* _WHAT YOU WILL DO_
Go through the records and copy each line where the word "specs" occurs.

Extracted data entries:
= Beginning of Section =
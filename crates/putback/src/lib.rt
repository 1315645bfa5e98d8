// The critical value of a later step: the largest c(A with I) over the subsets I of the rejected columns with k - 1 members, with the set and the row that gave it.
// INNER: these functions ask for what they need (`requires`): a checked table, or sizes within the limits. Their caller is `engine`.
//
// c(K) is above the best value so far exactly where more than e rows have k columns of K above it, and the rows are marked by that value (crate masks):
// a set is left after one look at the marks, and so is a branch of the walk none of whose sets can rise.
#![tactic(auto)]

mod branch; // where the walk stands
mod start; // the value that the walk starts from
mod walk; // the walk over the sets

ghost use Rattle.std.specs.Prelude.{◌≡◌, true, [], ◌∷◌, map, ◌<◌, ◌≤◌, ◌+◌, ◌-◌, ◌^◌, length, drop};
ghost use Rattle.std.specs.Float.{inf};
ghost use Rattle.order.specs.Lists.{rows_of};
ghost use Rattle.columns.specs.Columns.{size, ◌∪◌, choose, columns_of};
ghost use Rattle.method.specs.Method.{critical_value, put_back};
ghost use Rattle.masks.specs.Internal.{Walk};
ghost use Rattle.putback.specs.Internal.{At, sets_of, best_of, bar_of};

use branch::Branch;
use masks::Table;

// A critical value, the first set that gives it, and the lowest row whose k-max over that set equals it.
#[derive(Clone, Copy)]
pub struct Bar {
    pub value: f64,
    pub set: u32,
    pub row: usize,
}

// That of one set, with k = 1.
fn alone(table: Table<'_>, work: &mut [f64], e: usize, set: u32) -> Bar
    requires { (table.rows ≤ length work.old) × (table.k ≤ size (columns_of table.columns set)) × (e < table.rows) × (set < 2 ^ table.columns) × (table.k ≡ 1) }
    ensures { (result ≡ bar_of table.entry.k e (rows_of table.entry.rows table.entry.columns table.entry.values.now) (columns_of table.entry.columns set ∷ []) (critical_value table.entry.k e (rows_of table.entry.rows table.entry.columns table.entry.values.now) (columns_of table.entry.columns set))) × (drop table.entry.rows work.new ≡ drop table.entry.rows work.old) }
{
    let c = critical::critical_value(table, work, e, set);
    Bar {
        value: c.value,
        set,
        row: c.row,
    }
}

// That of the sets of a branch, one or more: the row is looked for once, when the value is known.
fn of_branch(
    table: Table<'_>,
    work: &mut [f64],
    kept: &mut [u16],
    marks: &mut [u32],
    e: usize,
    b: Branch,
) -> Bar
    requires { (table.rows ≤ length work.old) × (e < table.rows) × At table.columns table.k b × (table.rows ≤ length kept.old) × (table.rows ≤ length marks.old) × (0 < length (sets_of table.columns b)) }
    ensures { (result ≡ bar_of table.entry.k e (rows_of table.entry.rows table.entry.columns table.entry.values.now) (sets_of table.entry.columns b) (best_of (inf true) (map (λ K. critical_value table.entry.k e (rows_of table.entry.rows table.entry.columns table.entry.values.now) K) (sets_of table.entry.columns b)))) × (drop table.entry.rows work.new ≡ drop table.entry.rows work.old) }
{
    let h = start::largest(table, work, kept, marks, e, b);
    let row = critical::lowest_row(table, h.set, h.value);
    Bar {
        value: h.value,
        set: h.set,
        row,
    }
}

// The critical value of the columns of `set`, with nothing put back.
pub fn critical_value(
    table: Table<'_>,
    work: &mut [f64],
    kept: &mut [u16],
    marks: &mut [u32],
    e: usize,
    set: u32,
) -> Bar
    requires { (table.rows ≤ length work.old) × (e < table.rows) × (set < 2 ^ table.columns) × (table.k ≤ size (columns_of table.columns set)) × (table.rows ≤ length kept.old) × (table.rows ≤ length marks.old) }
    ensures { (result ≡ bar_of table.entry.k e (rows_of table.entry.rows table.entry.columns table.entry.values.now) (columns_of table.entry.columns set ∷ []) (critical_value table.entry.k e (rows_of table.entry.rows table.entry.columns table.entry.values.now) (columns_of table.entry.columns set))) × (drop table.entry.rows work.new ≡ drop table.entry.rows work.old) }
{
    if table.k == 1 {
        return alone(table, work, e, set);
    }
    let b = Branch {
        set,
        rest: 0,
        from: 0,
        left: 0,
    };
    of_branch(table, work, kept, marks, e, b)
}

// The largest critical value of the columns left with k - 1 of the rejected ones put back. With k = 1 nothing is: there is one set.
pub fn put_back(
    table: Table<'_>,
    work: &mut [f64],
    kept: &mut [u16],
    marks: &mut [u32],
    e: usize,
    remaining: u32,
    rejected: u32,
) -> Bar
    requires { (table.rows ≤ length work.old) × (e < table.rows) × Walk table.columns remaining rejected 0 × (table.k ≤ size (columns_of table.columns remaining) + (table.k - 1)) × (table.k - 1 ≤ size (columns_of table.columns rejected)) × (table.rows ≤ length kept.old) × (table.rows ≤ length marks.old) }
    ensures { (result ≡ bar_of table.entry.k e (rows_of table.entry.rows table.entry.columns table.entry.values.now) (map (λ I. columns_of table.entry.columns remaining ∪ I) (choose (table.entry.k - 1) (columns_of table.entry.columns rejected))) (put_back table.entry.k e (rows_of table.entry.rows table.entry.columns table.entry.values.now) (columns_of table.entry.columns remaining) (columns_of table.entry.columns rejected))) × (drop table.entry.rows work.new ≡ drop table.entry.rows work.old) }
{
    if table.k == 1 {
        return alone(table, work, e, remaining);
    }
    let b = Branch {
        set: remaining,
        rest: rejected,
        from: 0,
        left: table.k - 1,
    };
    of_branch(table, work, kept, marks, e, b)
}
= End of Section =
* _SOLUTION TO THIS EXERCISE_
ghost use Rattle.std.specs.Prelude.{◌≡◌, true, [], ◌∷◌, map, ◌<◌, ◌≤◌, ◌+◌, ◌-◌, ◌^◌, length, drop};
ghost use Rattle.std.specs.Float.{inf};
ghost use Rattle.order.specs.Lists.{rows_of};
ghost use Rattle.columns.specs.Columns.{size, ◌∪◌, choose, columns_of};
ghost use Rattle.method.specs.Method.{critical_value, put_back};
ghost use Rattle.masks.specs.Internal.{Walk};
ghost use Rattle.putback.specs.Internal.{At, sets_of, best_of, bar_of};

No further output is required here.